Billionaire Elon Musk has temporarily put a hold on the $44 billion purchase of social media platform Twitter. He made this known on Friday stating that this was due to “pending details supporting calculation that spam/fake accounts do indeed represent less than 5% of users.”
Though he said he was still committed to the acquisition, he would get his team to do a random sample of 100 followers of the social media platform. He also added that other people should repeat the same process and see what they discover.
When asked to elaborate on the process people should take in the process of finding out the real percentage of scam/spam/bot accounts, he said;
Any sensible random sampling process is fine. If many people independently get similar results for % of fake/spam/duplicate accounts, that will be telling. I picked 100 as the sample size number, because that is what Twitter uses to calculate <5% fake/spam/duplicate.
After the news on the temporary pause, Twitter shares initially fell more than 20% in premarket trading. However the shares regained some ground after he sent the second tweet saying he remained committed to the deal
The shares were down 9.6% to $40.71 in trading on Friday, still a steep discount to the $54.20 per share acquisition price.

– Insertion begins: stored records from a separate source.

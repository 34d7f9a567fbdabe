ghost use Rattle.std.specs.Prelude.{◌≡◌};
ghost use Rattle.type_layers.specs.Layers.{layer};
ghost use Rattle.type_checks.specs.Check.{good_name, good_number, bad_word};
ghost use Rattle.type_first_refusal.specs.AsCoded.{of_place};

use type_numbers::{Kind, Limit};

// Whether a layer of this kind and number may have this name.
fn good_name(k: u64, n: u64, m: u64) -> bool
    ensures { result ≡ good_name (layer k n m) }
{
    let named = match k {
        Kind::ARRAY_WITH_NAMED_LENGTH | Kind::STRUCT | Kind::WORD => true,
        Kind::UNRESOLVED_STRUCT_OR_WORD => m != 0,
        _ => false,
    };
    if named { n <= Limit::NAME } else { n == 0 }
}

// Whether a layer of this kind may have this number. The name is not looked at.
fn good_number(k: u64, m: u64) -> bool
    ensures { result ≡ good_number (layer k 0 m) }
{
    match k {
        Kind::ARRAY | Kind::WORD => true,
        Kind::UNRESOLVED_STRUCT_OR_WORD => m <= 1,
        _ => m == 0,
    }
}

// The first bad word of a layer, from 0: kind before name before number.
pub(crate) fn bad_word(k: u64, n: u64, m: u64) -> Option<u64>
    ensures { of_place result ≡ bad_word (layer k n m) }
{
    if k > Kind::VIEW {
        return Some(0);
    }
    if !good_name(k, n, m) {
        return Some(1);
    }
    if !good_number(k, m) {
        return Some(2);
    }
    None
}
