ghost use Rattle.std.specs.Prelude.{◌≡◌, ◌+◌, ◌≤◌, ◌%◌, length};
ghost use Rattle.type_numbers.specs.Limit as limit;
ghost use Rattle.type_layers.specs.Layers.{layers};
ghost use Rattle.type_layers.specs.Answer.{next, of_result};
ghost use Rattle.type_checks.specs.Check.{bad_layer, misplaced, check_of};
ghost use Rattle.type_first_refusal.specs.AsCoded.{of_place};

use crate::bad_word::bad_word;
use type_checks::is_type;
use type_layers::{Refused, holds_inner};
use type_numbers::{Limit, Refusal};

// The place of the first bad word, three for each layer, of words that start with layer p.
fn first_bad_word(ws: &[u64], p: u64) -> Option<u64>
    requires { p + length ws.now ≤ limit.type_words }
    ensures { of_place result ≡ bad_layer p (layers ws.now) }
{
    match ws {
        [k, n, m, inside @ ..] => match bad_word(*k, *n, *m) {
            Some(word) => Some(3 * p + word),
            None => first_bad_word(inside, p + 1),
        },
        _ => None,
    }
}

// The first layer that is a leaf early, or the last and no leaf, of words that start with layer p.
fn first_misplaced(ws: &[u64], p: u64) -> Option<u64>
    requires { (p + length ws.now ≤ limit.type_words) × (length ws.now % 3 ≡ 0) }
    ensures { of_place result ≡ misplaced p (layers ws.now) }
{
    match ws {
        [k, _, _] => holds_inner(*k).then_some(p),
        [k, _, _, inside @ ..] => {
            if holds_inner(*k) {
                first_misplaced(inside, p + 1)
            } else {
                Some(p)
            }
        }
        _ => None,
    }
}

// What the checks say first.
fn first_refusal(ws: &[u64]) -> Result<u64, Refused>
    ensures { of_result result ≡ check_of ws.now }
{
    let n = ws.len();
    if (n == 0) | (n > Limit::TYPE_WORDS) | (n % 3 != 0) {
        return Err(Refusal::BadCount.into());
    }
    if let Some(place) = first_bad_word(ws, 0) {
        return Err(Refused {
            refusal: Refusal::BadLayer,
            place,
        });
    }
    if let Some(place) = first_misplaced(ws, 0) {
        return Err(Refused {
            refusal: Refusal::BadLeaf,
            place,
        });
    }
    Ok((n / 3) as u64)
}

// The checks 1 to 3. Words that pass are told by a test that keeps no place; the others are looked at once more.
pub fn check_type(ws: &[u64]) -> Result<u64, Refused>
    ensures { of_result result ≡ check_of ws.now }
{
    if is_type(ws) {
        Ok((ws.len() / 3) as u64)
    } else {
        first_refusal(ws)
    }
}

// The checks of two types, left before right.
pub fn check_types(a: &[u64], b: &[u64]) -> Result<u64, Refused>
    ensures { of_result result ≡ next (check_of a.now) (check_of b.now) }
{
    if is_type(a) {
        check_type(b)
    } else {
        first_refusal(a)
    }
}
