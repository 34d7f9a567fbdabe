// What the checks 1 to 3 refuse first, and where.
#![tactic(auto)]

mod bad_word;
mod first_refusal;

pub use first_refusal::{check_type, check_types};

It is surprising that he is asking for pause in the acquisition deal as he was the one that waived his right for due diligence in an effort to get the San Francisco-based company to accept his “best and final offer.” So he cannot argue that Twitter somehow misled him.
Can Elon Musk ask for renegotiation of his offer of $54.20 per share?
Even though Elon Musk says the reason for the pause is presence of a high percentage of spam and fake accounts, some people think it is due to the fact that widening gap between the offer price of $54.20 and the price of $40.72.
Since Musk made the offer to acquire Twitter, tech stocks have dipped amid investor concerns over inflation and a potential economic slowdown.
Elon Musk may ask to renegotiate as his offer price is way less than the current value.
There is precedence for renegotiation. A lot companies had to reprice acquisition agreements during the COVID-19 pandemic. A notable one is the French retailer LVMH acquisition deal of Tiffany & Co. Eventually Tiffany agreed to lower the acquisition price by $425 million to $15.8 billion.
Musk can threaten to walk away from the deal unless Twitter’s board agrees to reopen negotiations. However he will be liable to pay a $1 billion break-up fee if he does this. Twitter would have to sue to get more than that in damages or try to force Musk to complete the deal.
As we await to hear Musk’s final decision, he recently tweeted that Twitter legal team contacted him to complain that he violated their NDA by revealing the bot check sample size was 100!
On Sunday, he tweeted that he is yet to see *any* analysis that has fake/spam/duplicates at <5%.
I do suspect that there is more drama in the coming days.